How can an amateur sport be so economically-shaped? Mike Foss:

Nick Symmonds won the 800-meters at the U.S. Trials and is giving up his spot on the U.S. Track & Field team headed to the world championships in Beijing after he refused sign the required statement of conditions.

The conditions contained within the statement include the requirement that each athlete must wear the team-sponsored Nike uniforms at official team functions. Symmonds is sponsored by Brooks. Symmonds explained his reasons for not signing the USATF documents to ESPN, which were disputed by USATF chief of public officer Jill Geer.
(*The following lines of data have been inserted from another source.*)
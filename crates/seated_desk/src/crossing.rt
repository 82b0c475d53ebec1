//! That each value which C keeps may go to another thread: its type is `Send`.
use crate::allocator_handle::AllocatorHandle;
use crate::buf_handle::BufHandle;
use crate::burst_handle::BurstHandle;
use crate::pool::Pool;

// What a thread takes over.
fn crosses<T: Send + Drop>(value: T) {
    drop(value);
}

/// An allocator goes.
pub fn allocator_crosses(allocator: AllocatorHandle<'_>) {
    crosses(allocator);
}

/// A buffer's handle goes.
pub fn buf_crosses(buf: BufHandle<'_>) {
    crosses(buf);
}

/// A burst goes.
pub fn burst_crosses(burst: BurstHandle<'_>) {
    crosses(burst);
}

/// A pool goes.
pub fn pool_crosses(pool: Pool<'_>) {
    crosses(pool);
}
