//! What a program in C holds of a pool: allocators, buffers, bursts of them, and the pool itself.
//!
//! C owns the storage of these values and hands them from thread to thread. So each of them is whole at any time: a
//! handle holds one thing or none, and a call that has nothing to do answers a number and leaves all as it was. No
//! call waits for another thread, and none needs a handle of the runtime.
//!
//! [`AllocatorHandle`] is what one thread allocates and frees at. [`BufHandle`] holds a buffer, [`BurstHandle`]
//! buffers that are freed as a whole, and [`Pool`] the allocators that no thread holds.
#![tactic(auto)]

mod allocator_handle;
mod buf_handle;
mod burst_handle;
pub mod crossing;
mod freeing;
mod lending;
mod moving;
mod opening;
mod pool;
mod refusal;
mod settled;
mod span;
mod start;
mod station;

pub use allocator_handle::AllocatorHandle;
pub use buf_handle::BufHandle;
pub use burst_handle::BurstHandle;
pub use pool::Pool;
pub use refusal::Refusal;
pub use span::Span;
The tragedy here is that this author, one Grant Castleberry, will not see the irony in his piece — the irony of supposing one cultural capitulation (Victorian) is not cultural capitulation while another (Target’s de-gendering) is capitulation. Seriously, now, does Genesis 1-2 or the Song of Solomon really teach this?

The Bible teaches that men are wired by God to protect and to pursue, so it is not surprising that they naturally like toys that by-and-large involve fighting, building, and racing. Women, on the other hand, are wired by God to nurture and to be pursued, so it is also not surprising that they largely enjoy playing with American Girl Dolls, Barbies, and Disney princess dresses.